I’d been harping about problems with concepts with poorly defined meanings for a while: for example, “ideology” and more broadly problems with “translation.” The genius of DW-Nominate and Google Translate is that they were able to produce “good enough” measures of these concepts without really learning about the underpinnings of the concepts themselves: Google Translate does not know what English or Japanese are and DW-Nominate does not know what liberal or conservative mean, but the former will spit out an approximate translation and the latter will pop out numbers, based on statistical parsing of the data.

The problem is that their outputs produce an appearance of precision that overstates the preciseness of the underlying definitions, which, paradoxically, defeats the whole purpose of using these agnostic (and quite frankly, dumb) methodologies in the first place. The concepts are too complex and too shrouded in uncertainties to be measured meaningfully in the first place, or, in other words, they are characterized by a lot of fundamental uncertainty inherent in the process. You can measure the concept with utmost precision and generate numbers (or translations), but if the concepts are themselves uncertain, the apparent precision of the measurements are meaningless.

This is not just a “mechanical” problem that can be solved with more data and better algorithm, but of the underlying data itself. Consider two populations with different height distribution: one has the mean of 165cm and the standard deviation of 10cm; the other has the mean of 162cm and the standard deviation of 20cm.
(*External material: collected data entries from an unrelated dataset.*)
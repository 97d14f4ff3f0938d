//! The datetimes of the forms, rearranged from the IMF-fixdate that link-format has.
ghost use Rattle.std.specs.Prelude.{◌≡◌};
ghost use Rattle.memento_time.specs.Text.{IsClean};
ghost use Rattle.timemap_formats.specs.Dates.{rfc3339, digits, month_digits};

use memento_time::{DateWriter, Moment};

/// The two digits of the month with this name.
fn month(name: &[u8]) -> [u8; 2]
    ensures { result ≡ month_digits name.now }
{
    if name == b"Jan".as_slice() {
        return [b'0', b'1'];
    }
    if name == b"Feb".as_slice() {
        return [b'0', b'2'];
    }
    if name == b"Mar".as_slice() {
        return [b'0', b'3'];
    }
    if name == b"Apr".as_slice() {
        return [b'0', b'4'];
    }
    if name == b"May".as_slice() {
        return [b'0', b'5'];
    }
    if name == b"Jun".as_slice() {
        return [b'0', b'6'];
    }
    if name == b"Jul".as_slice() {
        return [b'0', b'7'];
    }
    if name == b"Aug".as_slice() {
        return [b'0', b'8'];
    }
    if name == b"Sep".as_slice() {
        return [b'0', b'9'];
    }
    if name == b"Oct".as_slice() {
        return [b'1', b'0'];
    }
    if name == b"Nov".as_slice() {
        return [b'1', b'1'];
    }
    [b'1', b'2']
}

/// The datetime as RFC 3339 writes it, such as `2015-01-05T10:23:36Z`.
pub(crate) fn rfc3339(dates: &mut DateWriter, moment: Moment) -> [u8; 20]
    ensures value { result ≡ rfc3339 moment }
    ensures clean { IsClean result }
{
    // Called for its contract, which says that the moment has a date.
    let _second = moment.secs();
    let text = dates.write(moment);
    let month = month(&[text[8], text[9], text[10]]);
    [
        text[12], text[13], text[14], text[15], b'-', month[0], month[1], b'-', text[5], text[6],
        b'T', text[17], text[18], b':', text[20], text[21], b':', text[23], text[24], b'Z',
    ]
}

/// The datetime in fourteen digits, such as `20150105102336`.
pub(crate) fn digits(dates: &mut DateWriter, moment: Moment) -> [u8; 14]
    ensures { result ≡ digits moment }
{
    let _second = moment.secs();
    let text = dates.write(moment);
    let month = month(&[text[8], text[9], text[10]]);
    [
        text[12], text[13], text[14], text[15], month[0], month[1], text[5], text[6], text[17],
        text[18], text[20], text[21], text[23], text[24],
    ]
}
What are the odds that you will find someone from the second population who is taller than someone from the first population? The short answer is a lot higher than one might think: If the heights are distributed normally, the difference between the heights will have a mean of -3cm and a variance of 500, or a standard deviation of about 22.4cm. The area to the right of 0 for this distribution is about 45%. The average person of the first population is DEFINITELY taller than the average person of the second distribution. The larger the sample you have, the more certain you will be of this truth. But no matter how big the sample is, it won’t change the fact that, a random person from the second population will be taller than the first population with 45% probability. Appreciating this requires being aware of the underlying distributions and the *nature* of the data, not just being able to sic fancy algorithms on a very big and messy data. Sometimes, the messiness of the data is a useful clue indicative of its nature, not something to be wiped away with fancy computer tricks.

The defenders of DWNominate or Google Translate will point out that, in a lot of data applications, they are pretty good. But that is itself an interesting question. One can’t expect any algorithm that disdains the truth, quite literally in these cases, to be 100% accurate. That they are good at making appropriate predictions in many applications begs the question: when aren’t they good at predictions? Is DWNominate good at distinguishing liberal and conservative Republicans? (it isn’t, by the way: one remarkable change in the recent years is that, if WNominate (DWNominate is a bit more demanding to sic on data quickly) is applied to just subsets of Republicans–and Democrats–rather than the full House, the ordering that it returns is quite different from that you obtain by siccing it on the full House, and the difference has been growing since 1990s. If there is such a thing as “liberalism” and “conservatism” that transcends parties, the orderings ought to be nearly identical.) Is Google Translate good at translating love letter and subtle literature? (Apparently, it is not, and there is no good reason to expect that it would be given its nature.)

The problem is that peddling statistics involves subtle lies that latch on to people’s usual inability to make proper sense of statistics and probability. In the height example, for example, more and more data, better and better algorithm will indeed show with greater conviction than the average person of the first population really, really, really, truly IS taller than the average person of the second population. But we never deal with the average persons, and for that, we need a different framework. The same logic applies to making sense of politics: in a typical election, we get more or less “average” voters. Their variance is relatively small. We can develop algorithms that show how much taller or shorter different groups are that are reasonably insightful. Not so in “strange” elections, when high variance voters show up. Our usual categories might still work on average, but you will still get the person from the allegedly shorter population being taller than a person from the allegedly taller population far more often than you’d expect. The algorithm (and the data it analyzes) isn’t wrong. It is just answering the wrong questions. The trouble with the obsession with meaningless jargon is that it obscures what questions are being asked and what these techniques are really “measuring.” For that, you need real “science” and an understanding thereof.